Coluna C & T: Organização de dados intervalares – Daniel Nascimento-e-Silva

A organização dos dados de tipo intervalar é um desafio para quem está começando seu caminho na longa jornada da construção do conhecimento científico. Alguns motivos justificam esse desafio. O primeiro é a possibilidade de confusão entre os dados intervalares e os ordinais. Há quem imagine, por exemplo, que toda escala de atitudes, com extremos positivos e negativos, seja uma forma de representação de dados intervalares. A prática da pesquisa científica mostra justamente o contrário, que são ordinais, de maneira que alguém muito satisfeito tem mais satisfação do que quem está completamente insatisfeito. São ordinais porque se diminuirmos uma posição de extremo satisfeito de um apenas satisfeito não resulta em uma posição insatisfeita. Dito de outra forma, se não é possível diminuir ou subtrair posições, não são dados intervalares. O segundo é a confusão entre os dados intervalares e os racionais. Mas essa confusão é bem mais fácil de dirimir, basta saber se é possível a multiplicação ou divisão dos intervalos. Por exemplo, 2 graus Celsius de temperatura multiplicado por 10 graus Celsius de temperatura não dá 20 graus porque temperatura é um fenômeno que não aceita multiplicação ou divisão. Se não aceita, é intervalar; se aceita, é racional. E a terceira e mais desastrosa das confusões é tomar os dados intervalares como nominais, como são vistos nos erros dos famosos gráficos de pizzas e barras, que os desconhecedores dos tipos de dados cometem. Como organizar, então, os dados intervalares com adequação?

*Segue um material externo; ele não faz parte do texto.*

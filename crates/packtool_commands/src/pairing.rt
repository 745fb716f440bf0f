//! Pack indexes and the packs beside them.

ghost use Rattle.std.specs.Prelude.{◌≡◌, ◌≤◌, ℕ, List, Some, false, length, IfOk, IsTrue, MatchOption, OnErr};
ghost use Rattle.pack_index.specs.Format.{Each, min_len, ids_in};
ghost use Rattle.packtool_commands.specs.Files.{EndsIn, IsFirstBeyond, IsOffsetBelow, IsPairing, file_line, pairing_verdict};
ghost use Rattle.streams.specs.Streams.{Wrote};

use crate::escaping::write_named;
use crate::line_end::{LineEnd, push, push_digest, push_number};
use gix_hash::{Kind, ObjectId};
use pack_index::File;
use std::io;
use streams::{ReadAt, Sink, WriteFailed};

/// Whether a pack index belongs to a pack.
///
/// ```
/// if let Pairing::Other { named, .. } = pair(&open_index(content, None)?, &pack)? {
///     println!(rt; "its pack ends in {named}")?;
/// }
/// ```
#[derive(Clone, Copy, Debug)]
pub enum Pairing {
    /// The index has the digest in which the pack ends, and each of its offsets is before that.
    Same,
    /// The index has another digest.
    Other {
        /// The digest of its pack that the index has.
        named: ObjectId,
        /// The last bytes of the pack, as many as a digest has, or `None` if there are fewer.
        found: Option<ObjectId>,
    },
    /// The index has the digest in which the pack ends, but this offset, which is not before that.
    Beyond(u64),
}

/// Whether a pack index belongs to a pack: whether the digest of its pack that it has is the one in
/// which the pack ends, and its offsets are before that.
///
/// Only the length and the last digest of the pack are read, and the digest is not checked. An
/// error is returned only if a read fails.
///
/// ```
/// let pairing = pair(&open_index(content, None)?, &pack)?;
/// println!(rt; "{}", matches!(pairing, Pairing::Same))?;
/// ```
pub fn pair<P: ReadAt>(index: &File<'_>, pack: &P) -> io::Result<Pairing>
    ensures pairing { IfOk result (λ pairing. (bytes : List ℕ)
        → P.content pack.now ≡ Some bytes
        → IsPairing index.now.kind index.now.bytes bytes pairing) }
    ensures err { OnErr result ((bytes : List ℕ) → P.content pack.now ≡ Some bytes
        → IsTrue (P.can_fail pack.now)) }
{
    Ok(pairing_of(index, last_digest(pack, index.object_hash())?))
}

// The digest in which a pack ends.
#[derive(Clone, Copy)]
struct LastDigest {
    id: ObjectId,
    // The position at which it begins.
    at: u64,
}

// The digest of a kind in which a pack ends, or `None` if it has fewer bytes.
fn last_digest<P: ReadAt>(pack: &P, kind: Kind) -> io::Result<Option<LastDigest>>
    ensures digest { IfOk result (λ last. (bytes : List ℕ) → P.content pack.now ≡ Some bytes
        → EndsIn kind bytes last) }
    ensures err { OnErr result ((bytes : List ℕ) → P.content pack.now ≡ Some bytes
        → IsTrue (P.can_fail pack.now)) }
{
    let mut id = kind.null();
    let Some(at) = pack.len()?.checked_sub(kind.len_in_bytes() as u64) else {
        return Ok(None);
    };
    pack.read_exact_at(id.as_mut_slice(), at)?;
    Ok(Some(LastDigest { id, at }))
}

// Whether an index belongs to a pack that ends in this digest.
fn pairing_of(index: &File<'_>, last: Option<LastDigest>) -> Pairing
    requires { min_len index.now.kind ≤ length index.now.bytes }
    ensures { (bytes : List ℕ) → EndsIn index.now.kind bytes last
        → IsPairing index.now.kind index.now.bytes bytes result }
{
    let named = index.pack_checksum();
    let Some(last) = last else {
        return Pairing::Other {
            named: named.to_owned(),
            found: None,
        };
    };
    if named.as_bytes() != last.id.as_slice() {
        return Pairing::Other {
            named: named.to_owned(),
            found: Some(last.id),
        };
    }
    match first_beyond(index, last.at) {
        Some(offset) => Pairing::Beyond(offset),
        None => Pairing::Same,
    }
}

// The first offset of an index that is not below an end.
fn first_beyond(index: &File<'_>, end: u64) -> Option<u64>
    ensures { MatchOption result (Each (IsOffsetBelow index.now.kind index.now.bytes end)
        (length (ids_in index.now.kind index.now.bytes)))
        (IsFirstBeyond index.now.kind index.now.bytes end) }
{
    let count = index.num_objects();
    for at in 0..count {
        let offset = index.pack_offset_at_index(at);
        if offset >= end {
            return Some(offset);
        }
    }
    None
}

/// Writes the line of a pack index with this name and this relation to the pack beside it: `NAME:
/// OK`, or `NAME: FAILED` and why, with both digests or the offset.
///
/// It stops at the first write that fails, after a proper beginning of the line. The sink must not
/// have failed before.
///
/// ```
/// let pairing = pair(&open_index(content, None)?, &pack)?;
/// if write_pairing("pack-1.idx", &pairing, &mut out).is_err() {
///     println!(rt; "the line is not written whole")?;
/// }
/// ```
pub fn write_pairing<W: Sink>(name: &str, pairing: &Pairing, out: &mut W) -> Result<(), WriteFailed>
    requires { W.has_failed out.old ≡ false }
    ensures { Wrote W.taken W.has_failed out.old out.new result
        (file_line name.now (pairing_verdict pairing.now)) }
{
    write_named(name, pairing_verdict(pairing).as_slice(), out)
}

// What is printed after the name of a pack index.
fn pairing_verdict(pairing: &Pairing) -> LineEnd
    ensures { result.items ≡ pairing_verdict pairing.now }
{
    let mut line = LineEnd::new();
    match pairing {
        Pairing::Same => push(&mut line, b": OK\n"),
        Pairing::Other { named, found } => {
            push_digest(&mut line, b": FAILED: its pack ends in ", named);
            match found {
                Some(found) => {
                    push_digest(&mut line, b", and the pack beside it ends in ", found);
                    push(&mut line, b"\n");
                }
                None => {
                    push(
                        &mut line,
                        b", and the pack beside it is shorter than a digest",
                    );
                    push(&mut line, b"\n");
                }
            }
        }
        Pairing::Beyond(offset) => {
            push_number(&mut line, b": FAILED: the offset ", *offset);
            push(&mut line, b" is not in the pack beside it");
            push(&mut line, b"\n");
        }
    }
    line
}
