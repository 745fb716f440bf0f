//! Prefixes of ids.

use crate::expecting::{
    converted, expect, expect_below, expect_debug, expect_error, expect_fed, expect_outcome,
    expect_same, expect_text,
};
use crate::well_known::{BLOB, BLOB_256, BLOB_256_ID, BLOB_ID, TREE, id};
use gix_hash::prefix::{self, from_hex};
use gix_hash::{Kind, ObjectId, Prefix};
use std::cmp::Ordering;
use std::process::Abort;

fn expect_new(rt: &(impl Abort + AllocGlobal), rows: &[(&str, usize, &str)]) {
    for &(text, hex_len, want) in rows {
        expect_outcome(rt, Prefix::new(id(rt, text).as_oid(), hex_len), want);
    }
}

// Ids, numbers of digits, and what the prefix prints as, or the error.
const BEGINNINGS: [(&str, usize, &str); 6] = [
    (BLOB, 4, "e69d"),
    (BLOB, 40, BLOB),
    (BLOB_256, 6, "473a0f"),
    (BLOB_256, 64, BLOB_256),
    (
        BLOB,
        3,
        "The minimum hex length of a short object id is 4, got 3",
    ),
    (
        BLOB,
        41,
        "An object of kind sha1 cannot be larger than 40 in hex, but 41 was requested",
    ),
];

/// The first digits of an id.
pub fn beginning(rt: &impl Abort, id: &ObjectId, hex_len: usize) -> Prefix {
    Prefix::new(id.as_oid(), hex_len).expect(rt, "a number of digits of no prefix")
}

#[test]
fn beginnings_of_ids(rt: HostRuntime) {
    expect_new(&rt, &BEGINNINGS);
    expect_text(
        &rt,
        beginning(&rt, &BLOB_ID, 4).as_oid(),
        "e69d000000000000000000000000000000000000",
    );
    expect_same(&rt, &beginning(&rt, &BLOB_ID, 40), &converted(BLOB_ID));
}

#[test]
fn beginnings_by_ranges(rt: HostRuntime) {
    let blob = BLOB_ID;
    assert!(rt; 3 <= blob.kind().len_in_bytes());
    expect_text(&rt, blob.to_prefix(0..0), "");
    expect_text(&rt, blob.to_prefix(1..3), "9de2");
}

// Texts, and what the prefix prints as: lengths and other letters are in `bad_texts`.
#[test]
fn read_from_text(rt: HostRuntime) {
    for &(text, want) in &[
        ("e69d", "e69d"),
        ("E69D0", "e69d0"),
        ("35e77c16", "35e77c16"),
    ] {
        expect_outcome(&rt, Prefix::from_hex(text), want);
    }
    expect_outcome(&rt, Prefix::from_hex_nonempty("35e"), "35e");
}

#[test]
fn error_texts(rt: HostRuntime) {
    expect_error(
        &rt,
        from_hex::Error::TooShort { hex_len: 3 },
        "The minimum hex length of a short object id is 4, got 3",
    );
    expect_error(
        &rt,
        from_hex::Error::TooLong { hex_len: 65 },
        "An id cannot be larger than 64 chars in hex, but 65 was requested",
    );
    expect_error(&rt, from_hex::Error::Invalid, "Invalid hex character");
    expect_error(
        &rt,
        prefix::Error::TooShort { hex_len: 2 },
        "The minimum hex length of a short object id is 4, got 2",
    );
    expect_error(
        &rt,
        prefix::Error::TooLong {
            object_kind: Kind::Sha256,
            hex_len: 70,
        },
        "An object of kind sha256 cannot be larger than 64 in hex, but 70 was requested",
    );
}

/// The prefix of these digits.
pub fn read(rt: &impl Abort, digits: &str) -> Prefix {
    Prefix::from_hex(digits).expect(rt, "digits that are no prefix")
}

// By kind first, then by digits, a shorter prefix first.
#[test]
fn order(rt: HostRuntime) {
    for &(lower, upper) in &[("e69d", "e69d0"), ("e69d0", "e69e"), ("e69d", "e69e")] {
        expect_below(&rt, &read(&rt, lower), &read(&rt, upper));
    }
    expect_below(&rt, &read(&rt, "ffff"), &Prefix::from(BLOB_256_ID));
    expect_same(&rt, &read(&rt, "E69D"), &read(&rt, "e69d"));
}

// Prefixes, ids, and the places of the prefixes against them, also where a word of digits ends.
const PLACES: [(&str, &str, Ordering); 12] = [
    ("e69de2a", BLOB, Ordering::Greater),
    ("e69de29", BLOB, Ordering::Equal),
    ("e69de28", BLOB, Ordering::Less),
    ("4b825d", TREE, Ordering::Equal),
    ("473a0f", BLOB_256, Ordering::Equal),
    ("e69de29bb2d1d6434b8b29ae775ad8c2", BLOB, Ordering::Equal),
    ("e69de29bb2d1d6434b8b29ae775ad8c2f", BLOB, Ordering::Greater),
    ("e69de29bb2d1d6434b8b29ae775ad8c2d", BLOB, Ordering::Less),
    (
        "e69de29bb2d1d6434b8b29ae775ad8c2e48c5390",
        BLOB,
        Ordering::Less,
    ),
    (BLOB_256, BLOB_256, Ordering::Equal),
    (
        "473a0f4c3be8a93681a267e3b1e9a7dcda1185436fe141f7749120a303721814",
        BLOB_256,
        Ordering::Greater,
    ),
    (
        "473a0f4c3be8a93681a267e3b1e9a7dcda1185436fe141f7749120a303721812",
        BLOB_256,
        Ordering::Less,
    ),
];

fn place_of(rt: &impl Abort, prefix: &Prefix, candidate: &ObjectId) -> Ordering {
    assert!(rt; prefix.hex_len() <= candidate.kind().len_in_hex());
    prefix.cmp_oid(candidate.as_oid())
}

#[test]
fn places_against_ids(rt: HostRuntime) {
    for &(digits, text, place) in &PLACES {
        let found = place_of(&rt, &read(&rt, digits), &id(&rt, text));
        expect!(&rt; found == place, digits);
    }
}

// The first seven digits of the empty blob, with zeros after them.
const PADDED: [u8; 20] = [
    0xe6, 0x9d, 0xe2, 0x90, 0, 0, 0, 0, 0, 0, 0, 0, 0, 0, 0, 0, 0, 0, 0, 0,
];

#[test]
fn fed_to_a_hash(rt: HostRuntime) {
    let prefix = beginning(&rt, &BLOB_ID, 7);
    expect_fed(&rt, &prefix, &[&PADDED, &[7, 0, 0, 0, 0, 0, 0, 0]]);
}

#[test]
fn written_into_a_buffer(rt: HostRuntime) {
    let prefix = read(&rt, "e69de29");
    assert!(rt; prefix.hex_len() <= 10);
    let mut buffer = [b'#'; 10];
    expect!(&rt; prefix.hex_to_buf(&mut buffer) == "e69de29");
    let mut buffer = [b'#'; 10];
    prefix.put_hex(&mut buffer);
    expect!(&rt; &buffer == b"e69de29###");
    expect_debug(&rt, prefix, "Prefix(e69de29)");
}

Primeiro, é preciso lembrar que os dados intervalares são, naturalmente, compostos por intervalos, faixas numéricas entre uma posição e outra em uma escala. Diferentemente dos dados ordinais, os intervalares têm os valores conhecidos, os cientistas sabem o tamanho da diferença entre um ponto e outro da escala. Por exemplo, a temperatura de 30 graus é superior à tempera de 20 graus em exatos 10 graus. Por outro lado, não se sabe o valor quantitativo de uma posição Completamente Satisfeito para outra de apenas Satisfeito. Quando se sabe a diferença, tem-se um dado intervalar; quando não se sabe, ordinal. Segundo, há um valor zero de temperatura, mas ele é apenas um ponto central, arbitrário, que separa os valores negativos e positivos da escala. Com base nisso, é perfeitamente compreensível que se compreenda as diferentes maneiras representativas dos dados intervalares.

Esses dados podem ser sintetizados em termos de média, mediana, moda, amplitude, mínimo, máximo, desvios interquartílicos, desvio padrão, adição e subtração. É perfeitamente possível, por exemplo, a elaboração de tabelas contendo os valores dessas medias, da mesma forma que se pode elaborar outros recursos pictóricos, como gráficos e diagramas. O que importa saber é que o desenho, que é o produto final de todo processo de organização de dados, é de livre criação do cientista. Seu desafio é criar uma imagem que mostre com o máximo de exatidão possível o que se passou efetivamente na realidade.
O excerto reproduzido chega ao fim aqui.